Work to be completed: An exact copy of the listing below is required.

== Available data ==

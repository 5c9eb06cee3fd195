//! Each row of the arithmetic, as an instruction of a program that stores what it returns on the packet.

use super::listing::{EXIT, checked};
use super::programs::{MOMENT, accepted, has_number, ran};
use crate::asserting::same;
use ebpf_decode::Insn;
use isa::Register::{R0, R2, R5, R6};
use isa::{
    AluOp, ByteOrder, Extension, ShortExtension, Size, SourceOperand, SwapWidth, Test, Width,
};
use machine::Exit;
use semantics::Verdict;
use std::alloc::Global;
use std::process::Abort;
use test_support::{lddw, number, put};

const LEAST64: u64 = 0x8000000000000000;

const LEAST32: u64 = 0x80000000;

const MINUS_ONE: u64 = 0xffffffffffffffff;

const NUMBER: u64 = 0x1122334455667788;

/// One number in R5 and one in R6, an instruction, and then R5 on the packet.
fn gives(rt: &impl Abort, alloc: Global, insn: Insn, a: u64, b: u64, want: u64, name: &str) {
    let tail = [
        lddw!(R5, a),
        lddw!(R6, b),
        insn,
        put!(Size::U64, R2, 0, R5),
        EXIT,
    ];
    let verified = accepted(rt, alloc, &[], &checked!(14, 6), &tail);
    let ran = ran(rt, alloc, &verified, &MOMENT, &[0; 14]).expect(rt, "a frame");
    let exit = Exit {
        verdict: Verdict::Pass,
        steps: 11,
    };
    same(rt, name, &ran.exit, &exit);
    has_number(rt, &ran.frame, want, name);
}
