//! Programs and the runs of them.

ghost use Rattle.std.specs.Prelude.{◌<◌, IfOk};

use super::nothing::NothingPort;
use crate::asserting::same_fact;
use ebpf_decode::{Image, Insn, MapDef, Version};
use machine::{Exit, Moment, run};
use std::alloc::Global;
use std::process::Abort;
use verifier::{Verified, verify};
use wire::{Frame, FrameFault};

/// A run of worker 2 at the time 3.
pub(super) const MOMENT: Moment = Moment {
    now_ns: 3,
    worker: 2,
};

/// An accepted image of version 1, of the maps and a program in two parts.
pub(super) fn accepted(
    rt: &impl Abort,
    alloc: Global,
    maps: &[MapDef],
    head: &[Insn],
    tail: &[Insn],
) -> Verified {
    accepted_in(rt, alloc, Version::V1, maps, head, tail)
}

/// The same of a version.
pub(super) fn accepted_in(
    rt: &impl Abort,
    alloc: Global,
    version: Version,
    maps: &[MapDef],
    head: &[Insn],
    tail: &[Insn],
) -> Verified {
    let maps = Vec::from_slice(alloc, maps).expect(rt, "maps");
    let code = code_of(rt, alloc, head, tail);
    let image = Image::of(version, maps, code).expect(rt, "an image");
    verify(alloc, image).expect(rt, "an accepted program")
}

/// A program in two parts.
fn code_of(rt: &impl Abort, alloc: Global, head: &[Insn], tail: &[Insn]) -> Vec<Insn> {
    let mut code = Vec::new(alloc);
    code.extend_from_slice(head).expect(rt, "code");
    code.extend_from_slice(tail).expect(rt, "code");
    code
}

/// How a run ended, and the frame that it left.
#[derive(Drop)]
pub(super) struct EndedRun {
    pub(super) exit: Exit,
    pub(super) frame: Frame,
}

/// A run over a port of the image's maps that refuses lookups, on a frame of these bytes.
pub(super) fn ran(
    rt: &impl Abort,
    alloc: Global,
    verified: &Verified,
    moment: &Moment,
    bytes: &[u8],
) -> Result<EndedRun, FrameFault>
    requires { moment.now.worker < 8 }
{
    let mut port = NothingPort::over(verified.image());
    let mut frame = Frame::of(alloc, bytes)?;
    let exit = run(verified, &mut frame, moment, &mut port).expect(rt, "an exit");
    Ok(EndedRun { exit, frame })
}

/// The frame has 14 bytes: the number, the lowest byte first, and zeros.
pub(super) fn has_number(rt: &impl Abort, frame: &Frame, number: u64, name: &str) {
    let [a, b, c, d, e, f, g, h] = number.to_le_bytes();
    let bytes = [a, b, c, d, e, f, g, h, 0, 0, 0, 0, 0, 0];
    same_fact(rt, name, "the frame", &frame.bytes(), &bytes.as_slice());
}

===

Output of the task:
repository 5c9eb06cee3fd195
//! Each row of the arithmetic, as an instruction of a program that stores what it returns on the packet.

use super::listing::{EXIT, checked};
use super::programs::{MOMENT, accepted, has_number, ran};
use crate::asserting::same;
use ebpf_decode::Insn;
use isa::Register::{R0, R2, R5, R6};
use isa::{
    AluOp, ByteOrder, Extension, ShortExtension, Size, SourceOperand, SwapWidth, Test, Width,
};
use machine::Exit;
use semantics::Verdict;
use std::alloc::Global;
use std::process::Abort;
use test_support::{lddw, number, put};

const LEAST64: u64 = 0x8000000000000000;

const LEAST32: u64 = 0x80000000;

const MINUS_ONE: u64 = 0xffffffffffffffff;

const NUMBER: u64 = 0x1122334455667788;

/// One number in R5 and one in R6, an instruction, and then R5 on the packet.
fn gives(rt: &impl Abort, alloc: Global, insn: Insn, a: u64, b: u64, want: u64, name: &str) {
    let tail = [
        lddw!(R5, a),
        lddw!(R6, b),
        insn,
        put!(Size::U64, R2, 0, R5),
        EXIT,
    ];
    let verified = accepted(rt, alloc, &[], &checked!(14, 6), &tail);
    let ran = ran(rt, alloc, &verified, &MOMENT, &[0; 14]).expect(rt, "a frame");
    let exit = Exit {
        verdict: Verdict::Pass,
        steps: 11,
    };
    same(rt, name, &ran.exit, &exit);
    has_number(rt, &ran.frame, want, name);
}
//! Programs and the runs of them.

ghost use Rattle.std.specs.Prelude.{◌<◌, IfOk};

use super::nothing::NothingPort;
use crate::asserting::same_fact;
use ebpf_decode::{Image, Insn, MapDef, Version};
use machine::{Exit, Moment, run};
use std::alloc::Global;
use std::process::Abort;
use verifier::{Verified, verify};
use wire::{Frame, FrameFault};

/// A run of worker 2 at the time 3.
pub(super) const MOMENT: Moment = Moment {
    now_ns: 3,
    worker: 2,
};

/// An accepted image of version 1, of the maps and a program in two parts.
pub(super) fn accepted(
    rt: &impl Abort,
    alloc: Global,
    maps: &[MapDef],
    head: &[Insn],
    tail: &[Insn],
) -> Verified {
    accepted_in(rt, alloc, Version::V1, maps, head, tail)
}

/// The same of a version.
pub(super) fn accepted_in(
    rt: &impl Abort,
    alloc: Global,
    version: Version,
    maps: &[MapDef],
    head: &[Insn],
    tail: &[Insn],
) -> Verified {
    let maps = Vec::from_slice(alloc, maps).expect(rt, "maps");
    let code = code_of(rt, alloc, head, tail);
    let image = Image::of(version, maps, code).expect(rt, "an image");
    verify(alloc, image).expect(rt, "an accepted program")
}

/// A program in two parts.
fn code_of(rt: &impl Abort, alloc: Global, head: &[Insn], tail: &[Insn]) -> Vec<Insn> {
    let mut code = Vec::new(alloc);
    code.extend_from_slice(head).expect(rt, "code");
    code.extend_from_slice(tail).expect(rt, "code");
    code
}

/// How a run ended, and the frame that it left.
#[derive(Drop)]
pub(super) struct EndedRun {
    pub(super) exit: Exit,
    pub(super) frame: Frame,
}

/// A run over a port of the image's maps that refuses lookups, on a frame of these bytes.
pub(super) fn ran(
    rt: &impl Abort,
    alloc: Global,
    verified: &Verified,
    moment: &Moment,
    bytes: &[u8],
) -> Result<EndedRun, FrameFault>
    requires { moment.now.worker < 8 }
{
    let mut port = NothingPort::over(verified.image());
    let mut frame = Frame::of(alloc, bytes)?;
    let exit = run(verified, &mut frame, moment, &mut port).expect(rt, "an exit");
    Ok(EndedRun { exit, frame })
}

/// The frame has 14 bytes: the number, the lowest byte first, and zeros.
pub(super) fn has_number(rt: &impl Abort, frame: &Frame, number: u64, name: &str) {
    let [a, b, c, d, e, f, g, h] = number.to_le_bytes();
    let bytes = [a, b, c, d, e, f, g, h, 0, 0, 0, 0, 0, 0];
    same_fact(rt, name, "the frame", &frame.bytes(), &bytes.as_slice());
}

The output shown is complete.